Page 1640 - Week 06 - Tuesday, 12 May 2015

Next page . . . . Previous page . . . . Speeches . . . . Contents . . . . Debates(HTML) . . . . PDF . . . . Video

The basic view Mr Doszpot has put forward today is not one that can be sustained, and it fails to reflect the fact that we have to deliver important services to our community. In order to achieve that, a government needs to take a certain amount of revenue.

MR SMYTH (Brindabella) (4.01): It is always interesting that the Chief Minister does not get up to speak in these debates until everybody else has finished. It clearly indicates some of his problems and the pressure he is feeling regarding his policies.

It is interesting that Mr Rattenbury made the comment about priorities. What we now have is a clear indication of the Labor Party and the Greens’ priorities—that is, a light rail system over and above hospital beds. It is a clear statement, and we had the fumbling from Mr Corbell today. He used all sorts of numbers—140, 166, 200, 215, almost 200, 250. So it is very hard to know what the government’s priority is in regard to hospital beds except for one thing—the train comes first.

I remind members of the last time that this government took such a position, on the Gungahlin Drive extension. It was originally touted at $55 million and some five or six years of construction. Two hundred million dollars and a decade later, it was the fiasco that Mr Corbell delivered. There was an embarrassing backflip one Tuesday night when the government suddenly decided that the one-lane road that they had built was inadequate, so they doubled it just overnight. We saw it with other things like the Alexander Maconochie Centre, which of course the government is now enlarging, because despite Mr Corbell’s claims that it was good for 20 to 25 years, it was full much earlier than that.
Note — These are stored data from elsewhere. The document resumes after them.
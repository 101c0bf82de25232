//! The primitives of aperture macros (Gerber Layer Format Specification, 4.5).
//!
//! `read_body` reads a word in the body of a macro, `Primitive::judge` says whether its lengths are
//! lawful with the parameters of an aperture definition, and `Primitive::figure` is the shape that it
//! flashes. A primitive keeps its lengths as they are written, as a slice of the file: only an area's
//! corners take memory.
//!
//! - `primitive`: what a primitive is.
//! - `fault`: what is refused.
//! - `expression`: how lengths are written.
//! - `body_word`: how a body word is read.
//! - `values`: what lengths are with parameters.
//! - `images`: figures about the origin of the macro.
//! - `fine`: circles and lines of odd sizes in real copper.
//! - `degrees`: how far a primitive is turned in real copper.
//! - `placing`: where a figure is set down.
//! - `outline`: the areas of outlines.
//! - `figure`: figures where they are flashed.
//! - `laws`: what strokes and areas they flash.
#![tactic(auto)]

mod body_word;
mod degrees;
mod expression;
mod fault;
mod figure;
mod fine;
mod images;
pub mod laws;
mod outline;
mod parts;
mod placing;
mod primitive;
mod values;

pub use body_word::read_body;
pub use degrees::Turn;
pub use fault::{FigureFault, MacroFault};
pub use fine::{FineKind, FineSketch};
pub use images::Sketch;
pub use placing::Placing;
pub use primitive::{Copper, Form, Primitive, Rotation, Turning};

/// The most edges of an outline.
pub const MOST_OUTLINE_EDGES: usize = 5000;
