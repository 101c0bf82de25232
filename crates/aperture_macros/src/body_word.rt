//! How a body word is read.
ghost use Rattle.std.specs.Prelude.{◌≡◌, IfSome};
ghost use Rattle.aperture_macros.specs.BodyWord as spec;
ghost use Rattle.aperture_macros.specs.Seen.{seen_body, seen_one};
ghost use Rattle.aperture_macros.specs.Sized.{IsSized};

use crate::MOST_OUTLINE_EDGES;
use crate::expression::{is_expression, is_product};
use crate::fault::MacroFault;
use crate::primitive::{Copper, Form, Primitive, Rotation, Turning};
use lengths::decimal::{Decimal, read_decimal};
use texts::{after_byte, before_byte, begins, is_word};

/// Reads a word in the body of a macro (Gerber Layer Format Specification, 4.5.1), and takes no
/// memory: a primitive, or `None` for a comment, which begins with `0`. The forms are `1,e,d,x,y`,
/// `1,e,d,x,y,r`, `4,e,n,` with n + 1 points and `r`, `20,e,w,x,y,x,y,r` and `21,e,w,h,x,y,r`, and in `Real` copper
/// `5,e,n,x,y,d,r`, where d may be a product.
///
/// `BadMacro` where it is none of these; then `ExposureOff` where the exposure is not equal to 1;
/// then, where copper is `Exact`, `Turn` where the rotation is not equal to 0, 90, 180 or 270. In `Real` copper the
/// rotation is an expression.
#[tactic(auto, unfolding(crate::specs::BodyWord::primitive_at))]
pub fn read_body(copper: Copper, word: &[u8]) -> Result<Option<Primitive<'_>>, MacroFault>
    ensures { seen_body result ≡ spec.primitive_at copper word.now }
{
    if begins(word, b"0") {
        return Ok(None);
    }
    let commas = commas(word);
    match form_at(copper, word, commas) {
        None => Err(MacroFault::BadMacro),
        Some(form) => match form_in(copper, form, commas, word) {
            Ok(primitive) => Ok(Some(primitive)),
            Err(fault) => Err(fault),
        },
    }
}

fn commas(word: &[u8]) -> usize
    ensures { result ≡ spec.commas word.now }
{
    word.iter().filter(|b| **b == b',').count()
}

/// The text from part `n` on.
#[tactic(auto, unfolding(crate::specs::BodyWord::past))]
pub fn past(n: u32, word: &[u8]) -> &[u8]
    ensures { result.now ≡ spec.past n word.now }
{
    let mut rest = word;
    for _ in 0..n {
        rest = after_byte(rest, b',');
    }
    rest
}

/// Part `n`, counted from 0.
pub fn part(n: u32, word: &[u8]) -> &[u8]
    ensures { result.now ≡ spec.part n word.now }
{
    before_byte(past(n, word), b',')
}

// Whether the decimal is this number.
fn is_number(decimal: &Decimal, n: u32) -> bool
    ensures { result ≡ spec.is_number decimal.now n }
{
    decimal.equals(n)
}

// What a word with so many commas is.
fn form_at(copper: Copper, word: &[u8], commas: usize) -> Option<Form>
    ensures value { result ≡ spec.form_at copper word.now commas }
    ensures sized { IfSome result IsSized }
{
    let form = form_of(copper, word, commas)?;
    let row = form.row();
    let whole = (row.head as u32 + row.count()) as usize;
    if commas == whole || !row.needs_rotation && commas < whole && whole - commas == 1 {
        Some(form)
    } else {
        None
    }
}

// What a word with so many commas is by its code.
#[tactic(auto, unfolding(crate::specs::BodyWord::form_of))]
fn form_of(copper: Copper, word: &[u8], commas: usize) -> Option<Form>
    ensures value { result ≡ spec.form_of copper word.now commas }
    ensures sized { IfSome result IsSized }
{
    let code = part(0, word);
    if is_word(code, b"1") {
        return Some(Form::Circle);
    }
    if is_word(code, b"4") {
        return outline(word, commas.saturating_sub(5) / 2);
    }
    if is_word(code, b"20") {
        return Some(Form::VectorLine);
    }
    if is_word(code, b"21") {
        return Some(Form::CentreLine);
    }
    if is_word(code, b"5") {
        return polygon(copper, word);
    }
    None
}

// A polygon, in real copper, of as many corners as part 2 says.
#[tactic(auto, unfolding(crate::specs::BodyWord::polygon_of))]
fn polygon(copper: Copper, word: &[u8]) -> Option<Form>
    ensures value { result ≡ spec.polygon_of copper word.now }
    ensures sized { IfSome result IsSized }
{
    match copper {
        Copper::Exact => None,
        Copper::Real => real_polygon(word),
    }
}

// The same in real copper.
#[tactic(auto, unfolding(crate::specs::BodyWord::polygon_of))]
fn real_polygon(word: &[u8]) -> Option<Form>
    ensures value { result ≡ spec.polygon_of Copper.Real word.now }
    ensures sized { IfSome result IsSized }
{
    let decimal = read_decimal(part(2, word))?;
    regular(&decimal)
}

// The polygon of so many corners, from 3 to 12.
#[tactic(auto, unfolding(crate::specs::BodyWord::regular_from))]
fn regular(corners: &Decimal) -> Option<Form>
    ensures value { result ≡ spec.regular_of corners.now }
    ensures sized { IfSome result IsSized }
{
    for n in 3..13 {
        if is_number(corners, n) {
            return Some(Form::Polygon(n));
        }
    }
    None
}

// An outline of n edges, where part 2 says so.
#[tactic(auto, unfolding(crate::specs::BodyWord::outline_of))]
fn outline(word: &[u8], n: usize) -> Option<Form>
    ensures value { result ≡ spec.outline_of word.now n }
    ensures sized { IfSome result IsSized }
{
    if n < 3 || n > MOST_OUTLINE_EDGES {
        return None;
    }
    let decimal = read_decimal(part(2, word))?;
    if is_number(&decimal, n as u32) {
        Some(Form::Outline(n as u32))
    } else {
        None
    }
}

#[tactic(auto, unfolding(crate::specs::BodyWord::form_in))]
fn form_in(
    copper: Copper,
    form: Form,
    commas: usize,
    word: &[u8],
) -> Result<Primitive<'_>, MacroFault>
    requires { IsSized form }
    ensures { seen_one result ≡ spec.form_in copper form commas word.now }
{
    let Some(exposure) = read_decimal(part(1, word)) else {
        return Err(MacroFault::BadMacro);
    };
    let row = form.row();
    let lengths = past(row.head as u32, word);
    let rotation = if commas == (row.head as u32 + row.count()) as usize {
        part(row.count(), lengths)
    } else {
        b"0"
    };
    turned(copper, form, &exposure, lengths, rotation)
}

#[tactic(auto, unfolding(crate::specs::BodyWord::turned_at))]
fn turned<'a>(
    copper: Copper,
    form: Form,
    exposure: &Decimal,
    lengths: &'a [u8],
    rotation: &[u8],
) -> Result<Primitive<'a>, MacroFault>
    requires { IsSized form }
    ensures { seen_one result ≡ spec.turned_at copper form exposure.now lengths.now rotation.now }
{
    if !are_lengths(form, lengths) {
        return Err(MacroFault::BadMacro);
    }
    let rotation = turning(copper, exposure, rotation)?;
    Ok(Primitive {
        form,
        rotation,
        lengths,
    })
}

// How a primitive is turned whose exposure is this.
#[tactic(auto, unfolding(crate::specs::BodyWord::turning_at))]
fn turning(copper: Copper, exposure: &Decimal, rotation: &[u8]) -> Result<Turning, MacroFault>
    ensures { result ≡ spec.turning_at copper exposure.now rotation.now }
{
    match copper {
        Copper::Exact => exact_turning(exposure, rotation),
        Copper::Real => {
            if !is_expression(rotation) {
                return Err(MacroFault::BadMacro);
            }
            if !is_number(exposure, 1) {
                return Err(MacroFault::ExposureOff);
            }
            Ok(Turning::Degrees)
        },
    }
}

#[tactic(auto, unfolding(crate::specs::BodyWord::turning_at))]
fn exact_turning(exposure: &Decimal, rotation: &[u8]) -> Result<Turning, MacroFault>
    ensures { result ≡ spec.turning_at Copper.Exact exposure.now rotation.now }
{
    let Some(degrees) = read_decimal(rotation) else {
        return Err(MacroFault::BadMacro);
    };
    if !is_number(exposure, 1) {
        return Err(MacroFault::ExposureOff);
    }
    let rotation = rotation_of(&degrees)?;
    Ok(Turning::Quarters(rotation))
}

// Whether the lengths of a form are written as they may be.
#[tactic(auto, unfolding(crate::specs::BodyWord::are_lengths))]
fn are_lengths(form: Form, text: &[u8]) -> bool
    requires { IsSized form }
    ensures { result ≡ spec.are_lengths form text.now }
{
    match form {
        Form::Polygon(_) => are_expressions(2, text) && is_across(part(2, text)),
        Form::Circle => are_expressions(form.row().count(), text),
        Form::Outline(_) => are_expressions(form.row().count(), text),
        Form::VectorLine => are_expressions(form.row().count(), text),
        Form::CentreLine => are_expressions(form.row().count(), text),
    }
}

// Whether the diameter of a polygon is: a product, or an expression.
fn is_across(text: &[u8]) -> bool
    ensures { result ≡ spec.is_across text.now }
{
    is_product(text) || is_expression(text)
}

// Whether the first n parts of a text are expressions.
#[tactic(auto, unfolding(crate::specs::BodyWord::are_expressions))]
fn are_expressions(n: u32, text: &[u8]) -> bool
    ensures { result ≡ spec.are_expressions n text.now }
{
    let mut rest = text;
    for _ in 0..n {
        if !is_expression(before_byte(rest, b',')) {
            return false;
        }
        rest = after_byte(rest, b',');
    }
    true
}

fn rotation_of(degrees: &Decimal) -> Result<Rotation, MacroFault>
    ensures { result ≡ spec.rotation_of degrees.now }
{
    if is_number(degrees, 0) {
        return Ok(Rotation::Unturned);
    }
    if is_number(degrees, 90) {
        return Ok(Rotation::Quarter);
    }
    if is_number(degrees, 180) {
        return Ok(Rotation::Half);
    }
    if is_number(degrees, 270) {
        return Ok(Rotation::ThreeQuarters);
    }
    Err(MacroFault::Turn)
}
So it is about priorities, Mr Rattenbury. That is why the Canberra Liberals moved the amendment to the Financial Management Act to ensure that the government had a cost of living statement in their budget, so that people actually knew what the impact of the government’s fees and charges were on them and their households. In the first year they were well and truly outed when $640 was added to the family budget, courtesy of the Treasurer. Since then they have had to ameliorate it so that they now present a number of scenarios. But, of course, all of the scenarios show an increase.

It is well and good for Mr Rattenbury to stand here and give us the lecture on green-nomics, but he is part of a government whose priority is train before hospital beds and higher fees and charges for all Canberrans. That is what it is all about, and that is what we are paying for. We are paying for Mr Barr’s economic delusion.

We have seen it many times. What we have seen time and again from this Treasurer is extreme partisanship, couched as fiscal policy, supplemented by the Treasurer’s touristic comprehension of economics. At the end of the day, what is he waiting for? It is not for the train to arrive; it is for the federal government to get their spending back in sync with his ambitions. We know that from page 42 of budget paper 3 this year, where he says that the deficits are temporary because the commonwealth will start spending again.